→ Task instructions: Would you reproduce exactly the lines below from the one holding "filename crates/chip_blocks/src/timers/laws.rt" through the one holding "times, whatever was", inclusive, and no others?
Information given below:
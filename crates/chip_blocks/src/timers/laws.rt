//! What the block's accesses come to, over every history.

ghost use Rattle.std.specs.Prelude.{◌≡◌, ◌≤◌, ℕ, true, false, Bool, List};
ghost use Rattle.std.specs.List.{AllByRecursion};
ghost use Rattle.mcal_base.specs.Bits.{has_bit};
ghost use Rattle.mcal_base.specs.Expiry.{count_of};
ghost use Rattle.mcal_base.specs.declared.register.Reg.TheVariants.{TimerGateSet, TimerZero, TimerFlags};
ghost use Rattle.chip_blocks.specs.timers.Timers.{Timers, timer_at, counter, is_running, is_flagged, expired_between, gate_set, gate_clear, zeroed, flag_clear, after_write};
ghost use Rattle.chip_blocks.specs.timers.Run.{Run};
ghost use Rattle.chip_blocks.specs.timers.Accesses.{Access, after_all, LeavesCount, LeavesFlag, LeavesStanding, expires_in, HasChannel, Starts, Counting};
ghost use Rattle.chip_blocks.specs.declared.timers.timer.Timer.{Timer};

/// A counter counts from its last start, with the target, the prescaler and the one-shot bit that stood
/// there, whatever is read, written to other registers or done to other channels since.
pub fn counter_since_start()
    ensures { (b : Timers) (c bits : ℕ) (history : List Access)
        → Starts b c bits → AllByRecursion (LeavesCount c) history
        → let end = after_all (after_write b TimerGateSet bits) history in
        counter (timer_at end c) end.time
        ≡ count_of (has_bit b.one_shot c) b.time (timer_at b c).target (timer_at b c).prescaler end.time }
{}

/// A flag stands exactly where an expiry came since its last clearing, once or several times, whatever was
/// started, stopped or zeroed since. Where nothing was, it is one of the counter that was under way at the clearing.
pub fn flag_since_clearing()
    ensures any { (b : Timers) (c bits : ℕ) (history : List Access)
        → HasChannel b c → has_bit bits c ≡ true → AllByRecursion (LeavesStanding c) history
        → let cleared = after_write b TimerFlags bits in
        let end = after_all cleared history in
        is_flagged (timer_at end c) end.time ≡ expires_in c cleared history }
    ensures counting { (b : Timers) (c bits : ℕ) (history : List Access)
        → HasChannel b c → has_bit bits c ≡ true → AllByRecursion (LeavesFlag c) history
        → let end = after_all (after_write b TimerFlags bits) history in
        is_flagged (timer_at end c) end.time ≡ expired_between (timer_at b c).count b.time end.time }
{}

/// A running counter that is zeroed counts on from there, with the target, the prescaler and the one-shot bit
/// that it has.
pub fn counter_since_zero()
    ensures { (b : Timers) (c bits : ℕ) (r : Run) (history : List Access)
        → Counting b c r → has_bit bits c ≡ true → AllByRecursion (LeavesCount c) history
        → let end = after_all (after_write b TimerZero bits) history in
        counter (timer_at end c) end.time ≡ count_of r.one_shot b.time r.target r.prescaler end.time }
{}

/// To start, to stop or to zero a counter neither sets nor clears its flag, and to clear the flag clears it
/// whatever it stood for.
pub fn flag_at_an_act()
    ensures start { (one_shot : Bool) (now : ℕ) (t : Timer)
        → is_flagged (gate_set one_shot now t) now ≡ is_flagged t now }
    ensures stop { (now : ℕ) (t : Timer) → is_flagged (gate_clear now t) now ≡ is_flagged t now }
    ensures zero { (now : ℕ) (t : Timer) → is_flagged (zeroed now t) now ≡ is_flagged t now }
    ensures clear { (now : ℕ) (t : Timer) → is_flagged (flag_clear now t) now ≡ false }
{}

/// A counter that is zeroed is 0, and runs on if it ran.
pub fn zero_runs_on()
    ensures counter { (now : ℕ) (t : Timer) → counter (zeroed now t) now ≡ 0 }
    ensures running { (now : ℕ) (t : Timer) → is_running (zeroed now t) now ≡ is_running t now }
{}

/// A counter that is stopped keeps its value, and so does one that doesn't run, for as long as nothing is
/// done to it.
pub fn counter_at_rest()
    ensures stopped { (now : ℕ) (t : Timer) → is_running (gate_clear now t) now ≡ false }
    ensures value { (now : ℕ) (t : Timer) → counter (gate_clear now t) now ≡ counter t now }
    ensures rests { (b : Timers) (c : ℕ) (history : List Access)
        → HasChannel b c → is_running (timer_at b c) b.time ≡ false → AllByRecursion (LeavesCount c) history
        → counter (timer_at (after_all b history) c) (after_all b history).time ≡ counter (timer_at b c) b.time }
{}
End of Information given.
Information given below:
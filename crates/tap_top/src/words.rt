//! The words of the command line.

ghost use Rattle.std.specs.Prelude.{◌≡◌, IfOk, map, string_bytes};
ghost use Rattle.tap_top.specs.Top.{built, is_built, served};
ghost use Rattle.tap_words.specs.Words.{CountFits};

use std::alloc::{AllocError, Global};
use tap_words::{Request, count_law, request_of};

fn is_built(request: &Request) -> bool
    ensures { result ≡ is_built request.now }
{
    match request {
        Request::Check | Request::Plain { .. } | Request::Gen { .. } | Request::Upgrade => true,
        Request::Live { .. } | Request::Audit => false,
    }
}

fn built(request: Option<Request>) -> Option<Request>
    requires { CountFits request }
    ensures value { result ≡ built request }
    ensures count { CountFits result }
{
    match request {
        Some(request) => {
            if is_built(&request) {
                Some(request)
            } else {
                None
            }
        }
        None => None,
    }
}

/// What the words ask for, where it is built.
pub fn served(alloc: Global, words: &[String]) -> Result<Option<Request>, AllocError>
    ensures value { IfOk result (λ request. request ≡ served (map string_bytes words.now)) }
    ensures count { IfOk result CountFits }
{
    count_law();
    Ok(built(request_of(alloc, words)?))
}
End of Information given.
Information given below:
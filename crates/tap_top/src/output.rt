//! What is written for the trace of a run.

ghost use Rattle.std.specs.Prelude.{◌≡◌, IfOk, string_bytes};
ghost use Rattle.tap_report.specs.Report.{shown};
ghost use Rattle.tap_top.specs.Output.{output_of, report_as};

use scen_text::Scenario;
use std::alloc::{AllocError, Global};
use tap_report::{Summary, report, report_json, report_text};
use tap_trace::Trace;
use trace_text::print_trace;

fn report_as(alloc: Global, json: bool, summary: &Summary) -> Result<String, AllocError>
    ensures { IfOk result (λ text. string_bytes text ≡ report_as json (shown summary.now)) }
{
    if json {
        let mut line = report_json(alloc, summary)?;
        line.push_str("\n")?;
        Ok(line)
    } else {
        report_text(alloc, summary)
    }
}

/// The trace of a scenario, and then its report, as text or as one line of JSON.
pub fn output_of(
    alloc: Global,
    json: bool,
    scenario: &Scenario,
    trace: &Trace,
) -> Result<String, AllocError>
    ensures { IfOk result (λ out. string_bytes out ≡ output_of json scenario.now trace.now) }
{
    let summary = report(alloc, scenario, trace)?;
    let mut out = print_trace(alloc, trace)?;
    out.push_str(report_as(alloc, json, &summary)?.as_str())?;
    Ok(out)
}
End of Information given.
→ Reply to the exercise:
filename crates/chip_blocks/src/timers/laws.rt
//! What the block's accesses come to, over every history.

ghost use Rattle.std.specs.Prelude.{◌≡◌, ◌≤◌, ℕ, true, false, Bool, List};
ghost use Rattle.std.specs.List.{AllByRecursion};
ghost use Rattle.mcal_base.specs.Bits.{has_bit};
ghost use Rattle.mcal_base.specs.Expiry.{count_of};
ghost use Rattle.mcal_base.specs.declared.register.Reg.TheVariants.{TimerGateSet, TimerZero, TimerFlags};
ghost use Rattle.chip_blocks.specs.timers.Timers.{Timers, timer_at, counter, is_running, is_flagged, expired_between, gate_set, gate_clear, zeroed, flag_clear, after_write};
ghost use Rattle.chip_blocks.specs.timers.Run.{Run};
ghost use Rattle.chip_blocks.specs.timers.Accesses.{Access, after_all, LeavesCount, LeavesFlag, LeavesStanding, expires_in, HasChannel, Starts, Counting};
ghost use Rattle.chip_blocks.specs.declared.timers.timer.Timer.{Timer};

/// A counter counts from its last start, with the target, the prescaler and the one-shot bit that stood
/// there, whatever is read, written to other registers or done to other channels since.
pub fn counter_since_start()
    ensures { (b : Timers) (c bits : ℕ) (history : List Access)
        → Starts b c bits → AllByRecursion (LeavesCount c) history
        → let end = after_all (after_write b TimerGateSet bits) history in
        counter (timer_at end c) end.time
        ≡ count_of (has_bit b.one_shot c) b.time (timer_at b c).target (timer_at b c).prescaler end.time }
{}

/// A flag stands exactly where an expiry came since its last clearing, once or several times, whatever was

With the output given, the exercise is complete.